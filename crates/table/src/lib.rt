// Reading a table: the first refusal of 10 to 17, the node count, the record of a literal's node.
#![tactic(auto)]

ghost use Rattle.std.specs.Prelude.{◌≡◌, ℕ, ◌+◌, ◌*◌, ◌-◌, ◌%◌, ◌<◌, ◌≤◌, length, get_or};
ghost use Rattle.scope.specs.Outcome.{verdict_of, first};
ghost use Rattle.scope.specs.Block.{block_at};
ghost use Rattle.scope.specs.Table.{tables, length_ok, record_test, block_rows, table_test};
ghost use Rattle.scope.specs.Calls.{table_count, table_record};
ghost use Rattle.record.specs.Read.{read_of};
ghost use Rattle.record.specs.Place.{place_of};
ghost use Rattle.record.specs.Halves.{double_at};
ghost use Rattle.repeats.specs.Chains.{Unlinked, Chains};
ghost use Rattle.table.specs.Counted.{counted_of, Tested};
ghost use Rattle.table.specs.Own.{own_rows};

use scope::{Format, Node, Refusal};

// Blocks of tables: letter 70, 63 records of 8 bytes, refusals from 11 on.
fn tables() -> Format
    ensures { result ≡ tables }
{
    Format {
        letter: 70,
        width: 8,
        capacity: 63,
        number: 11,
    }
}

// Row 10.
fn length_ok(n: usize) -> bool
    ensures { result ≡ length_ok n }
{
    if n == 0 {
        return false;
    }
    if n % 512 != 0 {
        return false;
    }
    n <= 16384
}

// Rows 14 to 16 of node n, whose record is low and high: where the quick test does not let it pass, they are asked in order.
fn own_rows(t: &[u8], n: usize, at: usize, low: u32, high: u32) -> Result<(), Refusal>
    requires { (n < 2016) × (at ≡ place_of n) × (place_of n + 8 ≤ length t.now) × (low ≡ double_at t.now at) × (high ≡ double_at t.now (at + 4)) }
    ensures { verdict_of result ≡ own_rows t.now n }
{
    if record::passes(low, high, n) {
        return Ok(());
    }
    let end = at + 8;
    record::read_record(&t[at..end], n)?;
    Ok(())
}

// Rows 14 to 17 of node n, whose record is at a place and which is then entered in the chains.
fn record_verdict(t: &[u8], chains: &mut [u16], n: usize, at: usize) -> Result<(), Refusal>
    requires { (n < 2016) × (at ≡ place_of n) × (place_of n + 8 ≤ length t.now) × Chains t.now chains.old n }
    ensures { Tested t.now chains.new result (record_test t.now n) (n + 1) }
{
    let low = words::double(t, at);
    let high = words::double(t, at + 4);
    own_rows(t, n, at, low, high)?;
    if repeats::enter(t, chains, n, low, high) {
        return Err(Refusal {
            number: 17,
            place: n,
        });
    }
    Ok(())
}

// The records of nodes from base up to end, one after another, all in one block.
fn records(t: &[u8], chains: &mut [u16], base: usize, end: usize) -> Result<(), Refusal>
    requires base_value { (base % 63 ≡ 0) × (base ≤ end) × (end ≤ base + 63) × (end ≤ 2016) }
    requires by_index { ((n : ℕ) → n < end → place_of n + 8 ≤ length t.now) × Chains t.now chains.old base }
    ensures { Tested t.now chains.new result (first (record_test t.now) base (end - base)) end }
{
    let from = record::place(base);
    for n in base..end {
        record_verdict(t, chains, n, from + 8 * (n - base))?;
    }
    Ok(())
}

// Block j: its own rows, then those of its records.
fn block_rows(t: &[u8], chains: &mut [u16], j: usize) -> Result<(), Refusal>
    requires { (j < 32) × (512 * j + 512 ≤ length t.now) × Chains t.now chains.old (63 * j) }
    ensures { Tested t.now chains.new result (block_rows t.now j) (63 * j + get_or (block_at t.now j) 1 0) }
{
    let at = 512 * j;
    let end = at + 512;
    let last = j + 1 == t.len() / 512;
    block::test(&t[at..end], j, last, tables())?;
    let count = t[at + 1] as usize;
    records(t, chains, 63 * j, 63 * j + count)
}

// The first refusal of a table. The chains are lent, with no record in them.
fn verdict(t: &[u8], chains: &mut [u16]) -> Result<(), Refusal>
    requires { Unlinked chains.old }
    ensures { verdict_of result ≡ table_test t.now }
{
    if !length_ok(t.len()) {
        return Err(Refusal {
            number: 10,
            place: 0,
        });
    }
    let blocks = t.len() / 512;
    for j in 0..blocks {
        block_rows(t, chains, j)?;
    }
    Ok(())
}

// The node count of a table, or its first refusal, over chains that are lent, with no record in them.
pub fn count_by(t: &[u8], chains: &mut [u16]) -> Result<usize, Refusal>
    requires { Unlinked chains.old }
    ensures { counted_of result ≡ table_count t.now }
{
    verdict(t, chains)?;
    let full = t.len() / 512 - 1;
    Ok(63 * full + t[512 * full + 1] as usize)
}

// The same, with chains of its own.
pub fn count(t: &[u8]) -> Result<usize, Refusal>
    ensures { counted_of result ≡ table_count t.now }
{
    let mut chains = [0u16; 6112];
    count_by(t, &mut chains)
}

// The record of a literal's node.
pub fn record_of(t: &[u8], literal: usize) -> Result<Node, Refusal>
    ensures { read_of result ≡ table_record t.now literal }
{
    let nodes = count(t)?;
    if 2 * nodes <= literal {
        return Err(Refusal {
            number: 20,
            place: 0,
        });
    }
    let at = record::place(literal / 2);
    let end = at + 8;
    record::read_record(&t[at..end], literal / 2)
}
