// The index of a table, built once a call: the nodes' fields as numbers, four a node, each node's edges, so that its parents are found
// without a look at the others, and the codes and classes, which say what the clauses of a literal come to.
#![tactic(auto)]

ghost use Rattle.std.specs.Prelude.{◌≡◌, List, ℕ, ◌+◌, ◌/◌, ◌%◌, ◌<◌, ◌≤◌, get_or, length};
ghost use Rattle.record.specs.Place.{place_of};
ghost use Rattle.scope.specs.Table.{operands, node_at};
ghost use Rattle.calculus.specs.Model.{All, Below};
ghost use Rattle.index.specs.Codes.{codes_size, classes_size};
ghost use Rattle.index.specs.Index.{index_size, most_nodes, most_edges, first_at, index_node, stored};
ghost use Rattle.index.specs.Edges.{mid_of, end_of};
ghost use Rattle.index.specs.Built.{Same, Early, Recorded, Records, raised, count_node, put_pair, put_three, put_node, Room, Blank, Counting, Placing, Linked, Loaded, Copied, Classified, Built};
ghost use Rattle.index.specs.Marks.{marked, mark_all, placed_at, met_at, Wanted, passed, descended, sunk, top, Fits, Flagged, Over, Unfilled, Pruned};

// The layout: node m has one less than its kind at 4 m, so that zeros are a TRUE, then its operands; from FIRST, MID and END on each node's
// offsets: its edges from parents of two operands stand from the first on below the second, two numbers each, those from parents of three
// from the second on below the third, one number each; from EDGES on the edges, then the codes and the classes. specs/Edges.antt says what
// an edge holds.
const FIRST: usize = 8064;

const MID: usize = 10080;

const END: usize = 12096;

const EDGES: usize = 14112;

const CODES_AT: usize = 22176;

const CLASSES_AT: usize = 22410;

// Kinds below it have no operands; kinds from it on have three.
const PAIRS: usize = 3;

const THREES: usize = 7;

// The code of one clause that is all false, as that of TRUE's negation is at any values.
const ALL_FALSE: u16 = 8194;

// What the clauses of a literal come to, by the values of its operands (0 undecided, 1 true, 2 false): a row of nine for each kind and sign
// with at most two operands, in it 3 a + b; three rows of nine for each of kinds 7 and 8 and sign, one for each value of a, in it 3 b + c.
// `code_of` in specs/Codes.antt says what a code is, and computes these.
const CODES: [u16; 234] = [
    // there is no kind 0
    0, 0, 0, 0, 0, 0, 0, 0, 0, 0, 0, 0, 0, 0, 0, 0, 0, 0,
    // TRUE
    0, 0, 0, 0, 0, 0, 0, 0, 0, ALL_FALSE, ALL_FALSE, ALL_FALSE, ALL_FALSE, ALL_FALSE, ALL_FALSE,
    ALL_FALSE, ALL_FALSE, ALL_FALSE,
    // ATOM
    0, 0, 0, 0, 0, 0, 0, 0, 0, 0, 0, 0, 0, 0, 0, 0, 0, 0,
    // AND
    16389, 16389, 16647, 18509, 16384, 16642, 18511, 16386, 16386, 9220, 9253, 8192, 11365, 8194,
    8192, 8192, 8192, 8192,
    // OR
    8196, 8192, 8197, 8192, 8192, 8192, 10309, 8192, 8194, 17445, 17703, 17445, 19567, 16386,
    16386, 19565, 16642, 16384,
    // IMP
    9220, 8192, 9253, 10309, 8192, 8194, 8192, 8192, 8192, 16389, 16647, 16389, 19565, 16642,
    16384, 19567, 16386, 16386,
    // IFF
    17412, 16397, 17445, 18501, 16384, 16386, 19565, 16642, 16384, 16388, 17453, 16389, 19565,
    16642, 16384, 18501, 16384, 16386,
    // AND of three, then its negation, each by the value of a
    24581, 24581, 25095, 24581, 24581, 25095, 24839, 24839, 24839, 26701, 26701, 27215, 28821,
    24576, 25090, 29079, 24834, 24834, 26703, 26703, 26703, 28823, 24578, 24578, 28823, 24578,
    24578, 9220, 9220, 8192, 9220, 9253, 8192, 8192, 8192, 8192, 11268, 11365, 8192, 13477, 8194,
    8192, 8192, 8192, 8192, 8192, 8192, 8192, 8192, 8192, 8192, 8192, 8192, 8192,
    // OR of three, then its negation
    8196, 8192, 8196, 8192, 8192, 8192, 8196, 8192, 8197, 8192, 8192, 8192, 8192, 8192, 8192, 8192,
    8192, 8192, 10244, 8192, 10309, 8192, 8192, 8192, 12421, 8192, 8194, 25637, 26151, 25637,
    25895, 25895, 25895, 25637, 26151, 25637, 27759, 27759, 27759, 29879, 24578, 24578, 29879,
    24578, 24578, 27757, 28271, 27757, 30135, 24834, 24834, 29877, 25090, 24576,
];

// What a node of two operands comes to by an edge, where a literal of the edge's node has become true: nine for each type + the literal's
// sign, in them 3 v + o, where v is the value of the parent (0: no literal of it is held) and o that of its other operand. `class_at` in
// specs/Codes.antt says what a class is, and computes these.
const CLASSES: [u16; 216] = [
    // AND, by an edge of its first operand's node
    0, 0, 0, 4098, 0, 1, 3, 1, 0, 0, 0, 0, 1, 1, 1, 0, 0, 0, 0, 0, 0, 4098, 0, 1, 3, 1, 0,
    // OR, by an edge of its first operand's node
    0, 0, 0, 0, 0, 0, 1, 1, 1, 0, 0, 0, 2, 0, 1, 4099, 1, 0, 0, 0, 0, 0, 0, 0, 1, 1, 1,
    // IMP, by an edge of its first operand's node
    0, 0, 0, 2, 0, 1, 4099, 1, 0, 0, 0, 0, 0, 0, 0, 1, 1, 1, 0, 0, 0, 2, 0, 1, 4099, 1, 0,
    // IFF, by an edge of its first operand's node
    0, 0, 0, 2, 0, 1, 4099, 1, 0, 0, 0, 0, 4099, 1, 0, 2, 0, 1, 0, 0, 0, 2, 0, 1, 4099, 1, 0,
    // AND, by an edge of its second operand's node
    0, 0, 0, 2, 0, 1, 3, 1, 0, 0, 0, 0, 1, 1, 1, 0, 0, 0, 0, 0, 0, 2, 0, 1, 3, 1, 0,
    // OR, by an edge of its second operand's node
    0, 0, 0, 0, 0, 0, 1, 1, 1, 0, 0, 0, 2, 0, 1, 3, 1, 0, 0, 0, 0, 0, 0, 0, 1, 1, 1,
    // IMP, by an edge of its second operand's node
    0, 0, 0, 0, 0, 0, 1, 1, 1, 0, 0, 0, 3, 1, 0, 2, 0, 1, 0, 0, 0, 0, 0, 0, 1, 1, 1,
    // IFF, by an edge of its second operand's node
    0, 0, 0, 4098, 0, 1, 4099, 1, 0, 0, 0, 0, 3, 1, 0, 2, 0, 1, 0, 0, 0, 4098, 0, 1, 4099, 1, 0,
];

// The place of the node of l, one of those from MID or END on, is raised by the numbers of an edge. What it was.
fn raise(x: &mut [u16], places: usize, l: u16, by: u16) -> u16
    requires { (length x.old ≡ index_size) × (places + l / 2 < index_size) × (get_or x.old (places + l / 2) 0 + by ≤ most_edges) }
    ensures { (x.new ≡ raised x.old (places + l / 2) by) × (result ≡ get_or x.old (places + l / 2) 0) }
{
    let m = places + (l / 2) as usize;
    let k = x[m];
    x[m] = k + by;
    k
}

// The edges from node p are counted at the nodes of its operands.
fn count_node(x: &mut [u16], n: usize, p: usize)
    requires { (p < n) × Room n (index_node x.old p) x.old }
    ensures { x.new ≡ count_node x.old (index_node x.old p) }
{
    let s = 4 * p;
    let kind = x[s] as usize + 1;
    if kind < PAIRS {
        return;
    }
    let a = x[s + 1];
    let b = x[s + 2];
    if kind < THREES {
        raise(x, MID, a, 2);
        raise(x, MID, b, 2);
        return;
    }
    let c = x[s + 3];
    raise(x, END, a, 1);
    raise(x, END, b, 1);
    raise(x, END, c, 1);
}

TASK TO COMPLETE: Your answer should consist only of the lines above between the line holding "asked in order." and the line holding "fn block_rows(t: &[u8], chains: &mut", inclusive, each transcribed exactly.

REPLY:
// Rows 14 to 16 of node n, whose record is low and high: where the quick test does not let it pass, they are asked in order.
fn own_rows(t: &[u8], n: usize, at: usize, low: u32, high: u32) -> Result<(), Refusal>
    requires { (n < 2016) × (at ≡ place_of n) × (place_of n + 8 ≤ length t.now) × (low ≡ double_at t.now at) × (high ≡ double_at t.now (at + 4)) }
    ensures { verdict_of result ≡ own_rows t.now n }
{
    if record::passes(low, high, n) {
        return Ok(());
    }
    let end = at + 8;
    record::read_record(&t[at..end], n)?;
    Ok(())
}

// Rows 14 to 17 of node n, whose record is at a place and which is then entered in the chains.
fn record_verdict(t: &[u8], chains: &mut [u16], n: usize, at: usize) -> Result<(), Refusal>
    requires { (n < 2016) × (at ≡ place_of n) × (place_of n + 8 ≤ length t.now) × Chains t.now chains.old n }
    ensures { Tested t.now chains.new result (record_test t.now n) (n + 1) }
{
    let low = words::double(t, at);
    let high = words::double(t, at + 4);
    own_rows(t, n, at, low, high)?;
    if repeats::enter(t, chains, n, low, high) {
        return Err(Refusal {
            number: 17,
            place: n,
        });
    }
    Ok(())
}

// The records of nodes from base up to end, one after another, all in one block.
fn records(t: &[u8], chains: &mut [u16], base: usize, end: usize) -> Result<(), Refusal>
    requires base_value { (base % 63 ≡ 0) × (base ≤ end) × (end ≤ base + 63) × (end ≤ 2016) }
    requires by_index { ((n : ℕ) → n < end → place_of n + 8 ≤ length t.now) × Chains t.now chains.old base }
    ensures { Tested t.now chains.new result (first (record_test t.now) base (end - base)) end }
{
    let from = record::place(base);
    for n in base..end {
        record_verdict(t, chains, n, from + 8 * (n - base))?;
    }
    Ok(())
}

// Block j: its own rows, then those of its records.
fn block_rows(t: &[u8], chains: &mut [u16], j: usize) -> Result<(), Refusal>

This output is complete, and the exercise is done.